Contenuto principale

Agricoltura e foreste

Un avvocato dell’Avvocatura della Provincia che si occupa esclusivamente di agricoltura e foreste rappresenta la Provincia innanzi alle singole autorità giudiziarie. La Provincia funge in genere da parte convenuta, e più di rado da attrice.

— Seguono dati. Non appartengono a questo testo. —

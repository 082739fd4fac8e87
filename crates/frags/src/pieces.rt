//! Pieces of shared blocks, as one run of bytes.
ghost use Rattle.std.specs.Prelude.{◌≡◌, ℕ, ◌+◌, ◌-◌, ◌<◌, ◌≤◌, ◌^◌, [], ◌∷◌, ◌++◌, length, MatchResult, MatchOption};
ghost use Rattle.std.specs.Prelude.{IfOk, IfErr, IfSome, IfNone, drop, take, min, slice_index_or, slice_range};
ghost use Rattle.std.specs.Prelude.{◌≢◌, All, Bool, false};
ghost use Rattle.frags.specs.declared.pieces.Piece.{Piece};
ghost use Rattle.frags.specs.declared.holder.Holder.{Holder};
ghost use Rattle.raw_block.specs.Views.{PartState};
ghost use Rattle.frags.specs.Account.{Tests, Keeps, KeepsBlocks, KeepsMarks, both, of_part, of_holder, of_outcomes};
ghost use Rattle.frags.specs.Growth.{Grows};
ghost use Rattle.frags.specs.Gifts.{IsShare, IsSplit, front, cut_worn, worn};
ghost use Rattle.frags.specs.Holders.{IsAppend};
ghost use Rattle.frags.specs.PieceList.{bytes_of, piece_bytes, pieces_held, Fits, AllFit, size_of, of_pieces, byte_in};
ghost use Rattle.frags.specs.PieceList.{AreWhole};
ghost use Rattle.frags.specs.PieceList.{keep_front, least_weight, cut_front};
ghost use Rattle.frags.specs.Returns.{sole_of, ReturnsPart, ReturnsPieces};

use crate::cuts::split_into;
use crate::{Holder, Outcomes, give_share};
use core::mem::replace;
use raw_block::{FULL, Part, Released, Sole};
use std::alloc::{AllocError, Global};
use std::collections::VecDeque;
use std::marker::Model;
use thiserror::Error;

/// The bytes `from` to `to` of a part's block.
pub struct Piece {
    /// The piece's own hold on the block.
    pub part: Part,
    /// Where its bytes begin in the block, below `to`.
    pub from: usize,
    /// The place behind its last byte, at most 2048.
    pub to: usize,
}

/// A list of pieces of blocks that others may hold too, as one run of fewer than 2^32 bytes. It must be spent:
/// released.
pub struct Pieces {
    /// In the order of their bytes. None is empty.
    pub(crate) items: VecDeque<Piece>,
    /// How many bytes the pieces have together.
    pub(crate) size: usize,
}

impl Model for Pieces {
    ghost use Rattle.std.specs.Prelude.{List, ◌≡◌, ◌<◌, ◌^◌};
    ghost use Rattle.frags.specs.declared.pieces.Piece.{Piece};

    ghost Value = { List Piece };

    ghost use Rattle.frags.specs.PieceList.{size_of, AllFit};

    ghost view = { λ p. p.items.items };

    ghost invariant = { λ p. (p.size ≡ size_of p.items.items) × (p.size < 2 ^ 32) × AllFit p.items.items };
}

/// Why shared pieces aren't shared or cut.
#[derive(Debug, Drop, Error)]
pub enum ShareFault {
    /// The cut was asked for behind the end: the bytes that there are, and its place.
    #[error("a cut at {need} is behind the end of {have} bytes")]
    Short { have: usize, need: usize },
    /// A part of weight 1 has nothing to give.
    #[error("a part has no weight to give")]
    Worn,
    /// There is no memory for the second list.
    #[error("there is no memory for a second list of pieces")]
    NoMemory,
}

/// More bytes were asked for than there are: both numbers.
#[derive(Debug, Drop, Error)]
#[error("{need} bytes were asked for, and there are {have}")]
pub struct Short {
    pub have: usize,
    pub need: usize,
}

Per quanto riguarda i procedimenti instaurati innanzi alle autorità giudiziarie civili, si tratta nella maggior parte dei casi di procedimenti inerenti alla comminazione di sanzioni amministrative per la violazione di diverse disposizioni nelle seguenti materie:

  • protezione della fauna selvatica ed esercizio della caccia,
  • protezione degli animali e prevenzione del randagismo,
  • commercializzazione e igiene dei prodotti alimentari di origine animale,
  • circolazione con veicoli a motore in territorio sottoposto a vincolo idrogeologico,
  • esercizio del pascolo in bosco e su terreni degradati,
  • movimento di terreno e deposito di materiale,
  • cambio di coltura,
  • raccolta di funghi,
  • taglio di legname,
  • esercizio della pesca, 
  • agriturismo,
  • bonifica
  • protezione delle colture agrarie e delle api nonché controllo dei vivai,
  • ecc.

I presupposti normativi per tali attività sono il capo I “Le sanzioni amministrative” della legge 24 novembre 1981, n. 689, e successive modifiche, e la legge provinciale 7 gennaio 1977, n. 9, e successive modifiche, contenente “Norme di procedura per l’applicazione delle sanzioni amministrative”.
Vengono inoltre trattate azioni di risarcimento danni, ad esempio per danni causati dalla fauna selvatica a colture agricole e forestali, per incidenti stradali causati dalla fauna selvatica o accaduti su strade forestali, ecc.. In questi casi la Provincia è sempre parte convenuta.
Più raramente vengono trattate azioni civili di altra natura che rientrano sempre nell’ambito dell’agricoltura e delle foreste, ad esempio le azioni intraprese da  privati per l’usucapione di immobili appartenenti ad amministrazioni separate di beni di uso civico.

Per quanto riguarda i procedimenti instaurati innanzi all’autorità giudiziaria amministrativa, si tratta soprattutto di azioni contro le decisioni della Commissione provinciale sui masi chiusi, ovvero contro le decisioni in merito all’interpretazione della legge provinciale 28 novembre 2001, n. 17, e successive modifiche, sui masi chiusi. In secondo luogo si tratta di azioni contro le deliberazioni delle Giunta provinciale o altri atti amministrativi di organi monocratici emanati in materia di caccia, foreste, servizio fitosanitario, bonifica, amministrazioni dei beni di uso civico, ecc.

I procedimenti instaurati innanzi all’autorità giudiziaria penale e quella tributaria in materia di agricoltura e foreste sono invece molto rari. Nel primo caso la Provincia si costituisce come parte civile nel procedimento penale per far valere il danno materiale o morale o ambedue subiti a seguito di un reato.